しょっぱいものは腎に入るというものです。



 この五つの味はそれぞれの臓腑に入り、それぞれの臓腑を癒すことができます。


肝が弱っているときは体が酸っぱいものを求め、酸味が肝を栄養する。

心が弱っているときは体が苦いものを求め、苦みが心を栄養する。

肺が弱っているときは体が辛いものを求め、辛みが肺を栄養する。

腎が弱っているときは体が塩辛いものを求め、塩辛いものが腎を栄養する。


 これらは五角形であらわされる関係にあり、偏って摂りすぎると弊害も生まれます。


 例えば、脾が弱っているときは、酸っぱいものを摂りすぎると悪化します。

肺が弱っているときは苦いものを摂りすぎてはいけません。

腎が弱っているときは甘いものを摂りすぎてはいけません。

肝が弱っているときは辛いものを摂りすぎるといけません。

心が弱っているときは塩辛いものを摂りすぎてはいけません。


 また、五つの味にはそれぞれの働きもあります。


酸っぱいものは筋肉などを引き締める収れん作用、

苦いものには炎症をおさえ、物を固める作用、

甘いものには緊張を緩め、痛みをとったり滋養強壮にも役立ちます。

辛いものには発散作用がありますし、風邪をひいたときに発汗を促す作用があります。

塩辛いものには物をやわらげる作用があります。

そのため、同じものを毎日摂り続けるということは現代栄養学的に見ても、漢方学的に見てもあまり良いものではありません。

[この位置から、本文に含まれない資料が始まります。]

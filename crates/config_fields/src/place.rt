//! Places as JSON Pointers (RFC 6901).
ghost use Rattle.std.specs.Prelude.{◌≡◌, IfOk, OnOk, ◌++◌, string_bytes};
ghost use Rattle.std.specs.Str.{encode_utf8_all};
ghost use Rattle.config_fields.specs.Places.{field_place, item_place, escaped, escaped_char};

use label_set::{Name, NoMemory};
use std::alloc::Global;

/// The place of a field of the object at a place. In the key `~` is written `~0`, and `/` is written `~1`. An error is out of memory.
#[tactic(auto, unfolding(crate::specs::Places::field_place))]
pub fn at_field(alloc: Global, place: &str, key: &str) -> Result<Name, NoMemory>
    ensures { IfOk result (λ n. n ≡ field_place place.now key.now) }
{
    let mut text = String::from_str(alloc, place)?;
    text.push('/')?;
    push_escaped(&mut text, key)?;
    Ok(Name { text })
}

/// Appends a character, `~` as `~0` and `/` as `~1`.
fn push_escaped_char(text: &mut String, c: char) -> Result<(), NoMemory>
    ensures { OnOk result (string_bytes text.new ≡ string_bytes text.old ++ encode_utf8_all (escaped_char c)) }
{
    if c == '~' {
        text.push_str("~0")?;
    } else if c == '/' {
        text.push_str("~1")?;
    } else {
        text.push(c)?;
    }
    Ok(())
}

/// Appends a key with its characters escaped.
fn push_escaped(text: &mut String, key: &str) -> Result<(), NoMemory>
    ensures { OnOk result (string_bytes text.new ≡ string_bytes text.old ++ escaped key.now) }
{
    let mut rest = key.chars();
    while let Some(c) = rest.next() {
        push_escaped_char(text, c)?;
    }
    Ok(())
}

/// The place of an item of the list at a place, counted from 0. An error is out of memory.
#[tactic(auto, unfolding(crate::specs::Places::item_place))]
pub fn at_item(alloc: Global, place: &str, index: usize) -> Result<Name, NoMemory>
    ensures { IfOk result (λ n. n ≡ item_place place.now index) }
{
    let mut text = String::from_str(alloc, place)?;
    text.push('/')?;
    text.push_str(index.to_string(alloc)?.as_str())?;
    Ok(Name { text })
}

健康づくりのための『1日30品目』という標語は2000年には厚生労働省で用いられなくなったとされています。

栄養バランスを考えるのに確かに30という数はあまり意味がないかもしれませんが、

漢方薬膳など、古くからの書物にも記載されているように栄養バランスをうまく保つのに多くの味の種類のものを摂ることは必要です。

味というものは結局その食物の栄養成分からできているものだからです。

毎日栄養価計算してからお食事を摂ろうとすれば骨が折れますが、

5つの味のものを意識して食材を選ぶと、簡単に普段のお食事に取り入れやすいと思います。

少しでも皆様のお役に立てますことを願って、次回も食事についてお話します。